### [WHAT TO WORK ON]
Only the lines below between the ones containing "result (λ n." and "result (λ p.", inclusive, are to be reproduced, each exactly as it stands.

### [SUPPLIED DATA]
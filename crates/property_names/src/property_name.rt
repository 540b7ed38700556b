//! Properties by their names.

ghost use Rattle.std.specs.Prelude.{◌≡◌, ◌<◌, ◌^◌, ℕ, Some, IfSome, decimal};
ghost use Rattle.graph.specs.Circuits.{position_of, property_text};
ghost use Rattle.graph.specs.declared.circuit.Property.{Property as AProperty};

use graph::Property;
use scan::{Kinds, number};

/// Faults of a position, which are not told apart.
const FAULTS: Kinds<()> = Kinds {
    truncated: (),
    number: (),
    over: (),
    byte: (),
};

/// The number that the digits are in canonical decimal.
fn position(digits: &[u8]) -> Option<u32>
    ensures spelled { IfSome result (λ n. digits.now ≡ decimal n) }
    ensures only { (n : ℕ) → digits.now ≡ decimal n → n < 2 ^ 32 → result ≡ Some n }
{
    let Ok((position, rest)) = number(digits, u32::MAX, FAULTS) else {
        return None;
    };
    if rest.is_empty() {
        Some(position)
    } else {
        None
    }
}

/// The property that a word names: `b` for a bad literal, `j` for a justice property or `o` for an
/// output, and its position without needless zeros.
pub fn property_named(word: &str) -> Option<Property>
    ensures named { IfSome result (λ p. word.now ≡ property_text p) }
    ensures only { (p : AProperty) → word.now ≡ property_text p → position_of p < 2 ^ 32 → result ≡ Some p }
{
    match word.as_bytes() {
        [b'b', digits @ ..] => Some(Property::Bad(position(digits)?)),
        [b'j', digits @ ..] => Some(Property::Justice(position(digits)?)),
        [b'o', digits @ ..] => Some(Property::Output(position(digits)?)),
        _ => None,
    }
}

### [TASK RESULT]
    ensures spelled { IfSome result (λ n. digits.now ≡ decimal n) }
    ensures only { (n : ℕ) → digits.now ≡ decimal n → n < 2 ^ 32 → result ≡ Some n }
{
    let Ok((position, rest)) = number(digits, u32::MAX, FAULTS) else {
        return None;
    };
    if rest.is_empty() {
        Some(position)
    } else {
        None
    }
}

/// The property that a word names: `b` for a bad literal, `j` for a justice property or `o` for an
/// output, and its position without needless zeros.
pub fn property_named(word: &str) -> Option<Property>
    ensures named { IfSome result (λ p. word.now ≡ property_text p) }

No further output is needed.